Two checks in do_sync_mmap_readahead() limit large-folio readahead:

  1. The mmap_miss heuristic is meant to throttle wasteful speculative
     readahead. It is currently also applied to the VM_EXEC readahead
     path, which is targeted rather than speculative. Once mmap_miss exceeds
     MMAP_LOTSAMISS, exec readahead - including the large-folio
     order requested by exec_folio_order() - is disabled. On
     configurations where the mmap_miss decrement paths are not
     active (see patch 1) the counter only grows, so exec readahead
     is permanently disabled after the first 100 faults.

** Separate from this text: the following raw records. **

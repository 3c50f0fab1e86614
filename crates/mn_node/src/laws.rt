//! What holds of every directory, and of every run.

ghost use Rattle.std.specs.Prelude.{◌≡◌, ◌⊎◌, ℕ, List, []};
ghost use Rattle.txn_core.specs.Machine as txns;
ghost use Rattle.txn_core.specs.Serial.{told, IsSerial, serial};
ghost use Rattle.mn_node.specs.Durable.{Durable};
ghost use Rattle.mn_node.specs.Effects.{commit_txn, done};
ghost use Rattle.mn_node.specs.Machine.{Machine, command, Step, IsLawfulMachine, unstarted_machine};
ghost use Rattle.mn_node.specs.Meaning.{Files, Meaning, Means, Stands, IsBroken};
ghost use Rattle.mn_node.specs.Serial.{Act, Run, tables_of, state_of, all_seen};

/// A directory stands for one durable state, or has no meaning from one place of one file on, and never both.
#[tactic(none)]
pub fn directory_law()
    ensures either { (files : Files)
        → ((w : Durable) × Stands files w) ⊎ ((name : List ℕ) × (at : ℕ) × IsBroken files name at) }
    ensures never_both { (files : Files) (w : Durable) (name : List ℕ) (at : ℕ)
        → Stands files w → IsBroken files name at → ⊥ }
    ensures one { (files : Files) (w other : Durable) → Stands files w → Stands files other → w ≡ other }
    ensures one_place { (files : Files) (name other : List ℕ) (at place : ℕ)
        → IsBroken files name at → IsBroken files other place → (name ≡ other) × (at ≡ place) }
{}

/// Every run is one of the machine of transactions, over the same tables and pending transactions.
///
/// A transaction that commits got, with each of its calls since it began, what these calls get in their order and alone
/// on the tables just before the commit, and the tables after it are what they make of those. So the whole run is, for
/// the tables and for what was told to the transactions that committed and to single calls, one in which transactions
/// stand one after another, in the order of their commits.
#[tactic(none)]
pub fn transactions_law()
    ensures run { (files : Files) (meaning : Meaning) (acts : List Act) (now : Machine) → Means files meaning
        → IsLawfulMachine (unstarted_machine meaning) → Run (unstarted_machine meaning) acts now
        → txns.Run (txns.idle (tables_of (unstarted_machine meaning))) (all_seen (unstarted_machine meaning) acts)
        (state_of now) }
    ensures serial { (files : Files) (meaning : Meaning) (acts : List Act) (old new : Machine) (name : List ℕ)
        → Means files meaning → IsLawfulMachine (unstarted_machine meaning) → Run (unstarted_machine meaning) acts old
        → Step old (command (commit_txn name)) done new → IsLawfulMachine new
        → IsSerial (told name [] (all_seen (unstarted_machine meaning) acts)) (tables_of old) (tables_of new) }
    ensures in_order { (files : Files) (meaning : Meaning) (acts : List Act) (now : Machine) → Means files meaning
        → IsLawfulMachine (unstarted_machine meaning) → Run (unstarted_machine meaning) acts now
        → txns.Run (txns.idle (tables_of (unstarted_machine meaning)))
        (serial [] (all_seen (unstarted_machine meaning) acts)) (txns.idle (tables_of now)) }
{}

  2. The force_thp_readahead path is gated only on
     HPAGE_PMD_ORDER <= MAX_PAGECACHE_ORDER and always drives the
     readahead at HPAGE_PMD_ORDER. Configurations where
     HPAGE_PMD_ORDER exceeds MAX_PAGECACHE_ORDER never reach this
     path, even when the mapping itself supports usefully large
     folios well below the cap.

Both issues are most visible on arm64 with a 64K base page size,
where HPAGE_PMD_ORDER is 13 (512MB) -- above MAX_PAGECACHE_ORDER
(11) -- and where fault_around_pages collapses to 1 disabling
should_fault_around() (one of the two mmap_miss decrement sites).
However the fixes are architecture-agnostic: patch 1 reflects the
nature of VM_EXEC readahead regardless of base page size, and
patch 2 generalises the gate so any mapping advertising a usefully
large maximum folio order can benefit.

I created a benchmark that mmaps a large executable file madvises it
as huge and calls RET-stub functions at PAGE_SIZE offsets across it.
"Cold" measures fault + readahead cost. "Random" first faults in all
pages with a sequential sweep (not measured), then measures time for
calling random offsets, isolating iTLB miss cost for scattered execution.

The benchmark results on Neoverse V2 (Grace), arm64 with 64K base pages,
512MB executable file on ext4, averaged over 3 runs:

  Phase      | Baseline     | Patched      | Improvement
  -----------|--------------|--------------|------------------
  Cold fault | 83.4 ms      | 41.3 ms      | 50% faster
  Random     | 76.0 ms      | 58.3 ms      | 23% faster

The patches are on top of mm-unstable from 28 May
(8a74e22643189e0ae339afc91110ddb4cab1941b) which include patch [1]
that make mmap_miss accounting symmetric for VM_SEQ_READ which was pointed
out by sashiko in the previous revision.

[1] https://lore.kernel.org/all/20260525145751.2671248-1-usama.arif@linux.dev/ 

Kiryl and Jan, I have kept your Reviewed-by tags from the previous revision
for patch 1 as the concept is still the same, please let me know if that
is not ok.

v5 -> v6: https://lore.kernel.org/all/20260522162422.3856502-1-usama.arif@linux.dev/
- Based on top of patch [1] (sashiko)
- Changes to commit message to make it more accurate for patch 1 and skip
  mmap_miss decrement as well. (sashiko)
- Keep old behaviour if large folio mappings is not enabled (sashiko).
- sashiko pointed to a TOCTOU data race that was pre-existing. My patch
  could make it worse. Dont make it worse by introducing thp_order local
  variable.

v3 -> v5: https://lore.kernel.org/all/20260402181326.3107102-1-usama.arif@linux.dev/
- (Looks like I messed up the versioning here and went directly form
  v3 to v5.)
- Drop patches for elf thp unmapped area alignment and deal with them
  separately. These patches will just bring folios smaller than PMD
  at the same level as PMD. The 2 patches now should be much easier
  to merge.
- Tackle size of THP for exec pages at the same point as PMD instead
  of tackling using exec_folio_order() (Ryan during LSFMM, Thanks!)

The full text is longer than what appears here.